Nitrogen-Rich Covalent Triazine Frameworks as High-Performance Platforms for Selective Carbon Capture and Storage

Abstract

The search for new efficient physisorbents for gas capture and storage is the objective of numerous ongoing researches in the realm of functional framework materials. Here we present the CO2 and H-2 uptake capacities of nitrogen rich covalent triazine frameworks (CTFs) based on lutidine, pyrimidine, bipyridine, and phenyl units, showing superior gas uptakes and extremely high CO2 selectivities toward N-2. The CO2 uptake of a bipyridine-CTF synthesized at 600 degrees C (5.58 mmol g(-1), 273 K) is the highest reported for all CTFs so far and the second highest for all porous organic polymers (POPs).
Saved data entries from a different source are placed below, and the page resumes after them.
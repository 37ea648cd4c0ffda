// A file that is open for reading, or standard input.
ghost use Rattle.std.specs.Prelude.{◌≤◌, length, IfOk};

use std::fs::File;
use std::io::{Error, Read, Result, Seek, SeekFrom, Stdin};

// The system's number for an error: a file has no place to go to, as a pipe.
pub(crate) const ESPIPE: i32 = 29;

#[derive(Drop)]
pub enum Opened {
    Stdin(Stdin),
    File(File),
}

impl Opened {
    // Reads bytes into the buffer, at most as many as it has.
    pub fn read(&self, buffer: &mut [u8]) -> Result<usize>
        ensures { IfOk result (λ count. count ≤ length buffer.new) }
    {
        match self {
            Opened::Stdin(stdin) => {
                let mut from = *stdin;
                from.read(buffer)
            }
            Opened::File(file) => {
                let mut from = file;
                from.read(buffer)
            }
        }
    }

    // The place of the byte that is read next. Standard input is taken as it comes, and has none.
    pub fn place(&self) -> Result<u64> {
        match self {
            Opened::Stdin(_) => Err(Error::from_raw_os_error(ESPIPE)),
            Opened::File(file) => {
                let mut from = file;
                from.seek(SeekFrom::Current(0))
            }
        }
    }

    // Goes to that place.
    pub fn go_to(&self, place: u64) -> Result<u64> {
        match self {
            Opened::Stdin(_) => Err(Error::from_raw_os_error(ESPIPE)),
            Opened::File(file) => {
                let mut from = file;
                from.seek(SeekFrom::Start(place))
            }
        }
    }
}
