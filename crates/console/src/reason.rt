// Why a call failed, as the system says it.
ghost use Rattle.std.specs.Prelude.{◌≤◌, length};

use std::fmt;
use std::fmt::Display;
use std::io::{Error, Write};

// Room for every text of the system and a number after it.
const ROOM: usize = 320;

// The error in the system's words, without the number that std adds to them, as in (os error 2).
#[derive(Clone, Copy)]
pub struct Reason(pub Error);

// Puts std's text at the start of the buffer, and answers where it ends.
fn put_whole(error: Error, buffer: &mut [u8]) -> usize
    ensures { result ≤ length buffer.new }
{
    let size = buffer.len();
    let mut rest = &mut buffer[..];
    let _ = write!(rest, "{error}");
    size.saturating_sub(rest.len())
}

impl Display for Reason {
    fn fmt<W: fmt::Write>(&self, f: &mut fmt::Formatter<W>) -> fmt::Result {
        let mut buffer = [0u8; ROOM];
        let end = put_whole(self.0, &mut buffer);
        let whole = std::str::from_utf8(&buffer[..end]).unwrap_or("");
        match whole.split_once(" (os error ") {
            Some((words, _)) => f.write_str(words),
            None => f.write_str(whole),
        }
    }
}
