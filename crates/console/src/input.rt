// A file that is read piece by piece into a buffer.
ghost use Rattle.std.specs.Prelude.{◌≤◌, length, IfOk};

use crate::opened::Opened;
use crate::say;
use crate::say::Command;
use crate::status::NotDone;
use std::fs::{File, OpenOptions};
use std::io;
use std::io::{Error, Stdin};
use std::rt::Files;
use streams::Window;

// The system's number for an error: bytes that are no text.
pub(crate) const EILSEQ: i32 = 84;

// The open file that a command reads, and its name.
#[derive(Clone, Copy)]
pub struct Input<'a> {
    pub command: Command,
    pub opened: &'a Opened,
    pub path: &'a [u8],
}

// Opens the file with that name for reading. (The system's names are bytes, those of std text.)
fn open_named(rt: &impl Files<File = File>, path: &[u8]) -> io::Result<File> {
    match std::str::from_utf8(path) {
        Ok(name) => OpenOptions::new().read(true).open(rt, name),
        Err(_) => Err(Error::from_raw_os_error(EILSEQ)),
    }
}

// Opens the file, or standard input where the path is -; says so where it cannot.
pub fn open(
    rt: &impl Files<File = File>,
    stdin: Stdin,
    command: Command,
    path: &[u8],
) -> Result<Opened, NotDone> {
    if path == b"-".as_slice() {
        return Ok(Opened::Stdin(stdin));
    }
    match open_named(rt, path) {
        Ok(file) => Ok(Opened::File(file)),
        Err(error) => Err(say::file_failed(command, b"cannot open: ", path, error)),
    }
}

// Says that the file cannot be read.
pub fn say_unread(command: Command, path: &[u8], error: Error) -> NotDone {
    if path == b"-".as_slice() {
        return say::failed(command, b"cannot read standard input", error);
    }
    say::file_failed(command, b"cannot read: ", path, error)
}

// Reads bytes of the file into the buffer; says so where it cannot.
pub(crate) fn read(input: Input<'_>, buffer: &mut [u8]) -> Result<usize, NotDone>
    ensures { IfOk result (λ count. count ≤ length buffer.new) }
{
    input
        .opened
        .read(buffer)
        .map_err(|error| say_unread(input.command, input.path, error))
}

// Reads the bytes of the file that the next turn wants, after those that the window holds.
pub fn read_on(input: Input<'_>, window: Window, buffer: &mut [u8]) -> Result<usize, NotDone> {
    if streams::wants_bytes(window, buffer.len()) {
        return read(input, &mut buffer[window.held..]);
    }
    Ok(0)
}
Moreover, the CO2 selectivity toward N-2 of a nitrogen-rich pyrimidine-based CTF synthesized at 500 degrees C (Henry: 189, IAST: 502) is the highest reported for all POPs, and the H-2 uptake of CTF1 synthesized at 600 degrees C at 1 bar (2.12 wt %, 77 K) is the highest found for all CTFs to date as well. With the wide range of sorption data at hand, we carve out general trends in the gas uptake behavior within the CTF family and nitrogen-containing porous polymers in general, revealing the dominant role of the micropore volume for maximum CO2 uptake, while we find that the nitrogen content is a secondary effect weakly enhancing the CO2 uptake. The latter, however, was identified as the main contributor to the high CO2/N-2 selectivities found for the CTFs. Furthermore, ambient water vapor sorption has been tested for CTFs for the first time, confirming the highly hydrophilic nature of CTFs with high nitrogen content.